Dans la soirée de samedi, une vingtaine de policiers ont opéré un raid dans un appartement d’un immeuble de briques rouges de quatre étages, situé à Basingstoke Road, dans la banlieue de Reading, à quelque 6 kilomètres de Forbury Gardens. Reading, gros bourg de 230 000 habitants, est situé à 64 kilomètres à l’ouest de Londres, au confluent de la Tamise et de la rivière Kennet. La ville est connue pour son festival de musique en plein air chaque fin d’été, annulé cette année pour cause de Covid-19. L’actrice Kate Winslet y est née.

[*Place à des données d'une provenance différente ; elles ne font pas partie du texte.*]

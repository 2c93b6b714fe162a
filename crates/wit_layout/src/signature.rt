//! The core signature of a function.

ghost use Rattle.std.specs.Prelude.{◌≡◌, IsTrue, List, Some, length, slice_get, take};
ghost use Rattle.wit_model.specs.declared.function.Function.{Function};
ghost use Rattle.wit_model.specs.declared.types.TypeDef.{TypeDef};
ghost use Rattle.wit_model.specs.IndexRange.{function_in_range};
ghost use Rattle.wit_model.specs.TypeOrder.{GoesDown};
ghost use Rattle.wit_model.specs.WellFormed.{IsWellFormed};
ghost use Rattle.wit_layout.specs.declared.signature.AbiVariant.{AbiVariant};
ghost use Rattle.wit_layout.specs.Flat.{EachHasWords};
ghost use Rattle.wit_layout.specs.inside.Words.{kept};
ghost use Rattle.wit_layout.specs.Signature.{IsCoreSignature, IsFlattenedFunctype, core_params, direct_words, has_param, param_words, params_below, result_words};

use crate::flat::Flat;
use crate::flatten::{flatten_payload, flatten_type};
use crate::words::Words;
use wit_model::{Function, Param, Resolve, TypeDef, WasmType};

/// From which side a function is called: an import, which the component calls, or an export, which is called in it.
#[derive(Clone, Copy, Debug, PartialEq, Eq)]
pub enum AbiVariant {
    GuestImport,
    GuestExport,
}

/// The core signature of a function.
#[derive(Clone, Copy, Debug)]
pub struct WasmSignature {
    /// The words of the parameters; or, where they are more than sixteen, one pointer to a record of them. For an import
    /// whose result comes back by a pointer, that pointer stands behind them, and may be a seventeenth word.
    pub params: Flat,
    /// The word of the result; for an export whose result has more than one word, a pointer to it.
    pub results: Flat,
    /// Whether the parameters go by a pointer.
    pub indirect_params: bool,
    /// Whether the result comes back by a pointer.
    pub retptr: bool,
}

impl WasmSignature {
    /// The core parameter at a place, counted from 0, also where it is the seventeenth, which is the pointer for the
    /// result.
    pub fn param(&self, nth: u32) -> WasmType
        requires { IsTrue (has_param self.now nth) }
        ensures { (types : List TypeDef) (variant : AbiVariant) (func : Function) → IsFlattenedFunctype types variant func self.now
            → slice_get (core_params variant (param_words types func.params) (result_words types func.result)) nth ≡ Some result }
    {
        if nth < 16 {
            self.params.words[nth as usize]
        } else {
            WasmType::Pointer
        }
    }
}

/// The core signature of a function whose types are in tables that [`Resolve::check`] has passed: the Canonical ABI's
/// `flatten_functype`, by which at most sixteen words of parameters and one of the result are passed directly. It takes no
/// memory.
pub fn wasm_signature(resolve: &Resolve, variant: AbiVariant, func: &Function) -> WasmSignature
    requires well { IsWellFormed resolve.now }
    requires within { IsTrue (function_in_range resolve.now func.now) }
    ensures { IsFlattenedFunctype resolve.now.types variant func.now result }
{
    let types = resolve.types.as_slice();
    let params = flatten_params(types, func.params.as_slice());
    let answer = flatten_payload(types, func.result, Words::none(17));
    core_signature(variant, params, answer)
}

/// The words of the parameters, one after another.
fn flatten_params(types: &[TypeDef], params: &[Param]) -> Words
    requires down { GoesDown types.now }
    requires worded { EachHasWords types.now }
    requires within { IsTrue (params_below (length types.now) params.now) }
    ensures words { kept result ≡ take 17 (param_words types.now params.now) }
    ensures room { result.room ≡ 17 }
{
    let mut all = Words::none(17);
    for param in params {
        if all.left() == 0 {
            return all;
        }
        all = flatten_type(types, param.ty, all);
    }
    all
}

/// The parameters as they are passed: as words, or by one pointer.
fn direct_params(params: Words) -> Words
    requires { params.room ≡ 17 }
    ensures words { kept result ≡ direct_words (kept params) }
    ensures room { result.room ≡ 17 }
{
    if params.len() > 16 {
        return Words::none(17).with(WasmType::Pointer);
    }
    params
}

fn core_signature(variant: AbiVariant, params: Words, answer: Words) -> WasmSignature
    requires params { params.room ≡ 17 }
    requires answer { answer.room ≡ 17 }
    ensures { IsCoreSignature variant (kept params) (kept answer) result }
{
    let retptr = answer.len() > 1;
    let direct = direct_params(params);
    let (params_told, results) = match variant {
        AbiVariant::GuestImport if retptr => (direct.with(WasmType::Pointer), Words::none(17)),
        AbiVariant::GuestExport if retptr => (direct, Words::none(17).with(WasmType::Pointer)),
        _ => (direct, answer),
    };
    WasmSignature {
        params: Flat::of_words(params_told),
        results: Flat::of_words(results),
        indirect_params: params.len() > 16,
        retptr,
    }
}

Selon des témoins, cités par The Independent, l’appartement où vivait l’agresseur était géré par la ville, et utilisé comme logement provisoire pour des individus récemment relâchés de prison.

«Graves problèmes mentaux»

Selon The Guardian, Tania Bassett, porte-parole de l’Association nationale des officiers de contrôle judiciaire (Napo), aurait précisé que l’agresseur était supervisé par ses services et souffrirait de «graves problèmes mentaux». Si ces informations étaient confirmées, elles expliqueraient la réaction dimanche après-midi du Premier ministre britannique, Boris Johnson. «S’il y a des leçons à tirer sur la manière dont nous gérons de tels cas, dont nous réagissons à des situations menant à de tels cas, alors nous les tirerons et nous n’hésiterons pas à agir là où c’est nécessaire», a-t-il déclaré depuis Downing Street.

Cet incident est la quatrième attaque terroriste au couteau en six mois au Royaume-Uni, après un incident dans le quartier londonien de Streatham en février (trois blessés et l’attaquant tué par la police), dans la prison de Whitemoor en janvier (deux prisonniers ont gravement blessé un gardien) et, en novembre à Fishmongers’ Hall (deux morts, poignardés, trois blessés et l’agresseur tué par la police), juste à côté de London Bridge. C’est là qu’en juin 2017 avait eu lieu une autre attaque terroriste qui avait tué huit personnes et en avait blessé quarante-huit.

L’alerte terroriste au Royaume-Uni se situe actuellement au troisième niveau, «substantiel», sur une échelle de cinq. Il signifie qu’une attaque terroriste est «probable».